# 2021 Listening Project - Jan 10



## daco (Jan 5, 2021)

Russian Choir School
Valery Polyansky
State Chamber Choir

All (or nearly all) of the sacred acapella music that I've listened to has been in the Western church tradition, and while this is clearly different, it's hard to put my finger on exactly /how/ it is different. One thing is the low bass line (Slavic Bass?) which I really like. I think my favorites are the Blessed the Lord, O my soul (Rachmaninov) and the Appease My Ills (G. Izvekov).

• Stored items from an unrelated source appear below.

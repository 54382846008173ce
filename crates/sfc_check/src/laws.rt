//! What holds of checking itself. Each law is a function with an empty body, whose contract is the law.

ghost use Rattle.std.specs.Prelude.{◌≡◌, IfOk};
ghost use Rattle.sfc_base.specs.declared.var_type.VarType.{VarType};
ghost use Rattle.sfc_expr.specs.Types.{Declared, HasType, IsTyped};
ghost use Rattle.sfc_text.specs.Trees.{Tree, Block};
ghost use Rattle.sfc_text.specs.declared.expression.Variable.{Variable};
ghost use Rattle.sfc_check.specs.Scopes.{Names, IgnoresCase, SameName, Declares, referent_of};
ghost use Rattle.sfc_check.specs.Checking.{checked, checked_body};

/// Two names that differ in the case of letters alone stand for the same (2.1.2).
pub fn names_in_any_case()
    ensures { (names : Names) (one other : Variable) →
        IgnoresCase names → SameName one other → referent_of names one ≡ referent_of names other }
{}

/// An expression that was checked has the type that was wanted of it.
pub fn checked_has_type()
    ensures { (names : Names) (declared : Declared) (e : Tree) (t : VarType) →
        Declares names declared → IfOk (checked names e t) (λ x. HasType declared x t) }
{}

/// Statements that were checked are typed.
pub fn checked_body_is_typed()
    ensures { (names : Names) (declared : Declared) (block : Block) →
        Declares names declared → IfOk (checked_body names block) (IsTyped declared) }
{}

This is a CD that I've had on "in the background" in the past, but listening closely this time I picked up much more that was going on. I'm now very interested in listening to the entirety of both Rachmaninov's Divine Liturgy and Vespers. As well as Tchaikovsky's Divine Litugry!

The liner notes for this CD are good, but too brief. I would really have liked more information about each piece, including the words translated into English.

Brandenburg Concerto 5
J.S. Bach
The English Concert
Trevor Pinnock, conductor
1979

Love this one, especially the harpsichord solo in the 1st movement, which (similar to the Handel movement I listened to on Jan 2) reminds me of a heavy metal solo at times. Like Bach was just up there shredding his mind out.

String Sextet No. 2, Op 36
Johannes Brahms
Violin: Isabelle Faust, Julia-Maria Kretz
Viola: Stefan Fehlandt, Pauline Sachse
Cello: Christoph Richter, Xenia Jankovic

I own the Stern/Lin/Laredo/Tree/Ma/Robinson version, which I've listened to many times. I also enjoyed this recording, but it's difficult to compare to two because the Stern is so etched in my memory. But unlike the Brahms concerto starring Faust, I'll definitely listen to this version again.


----------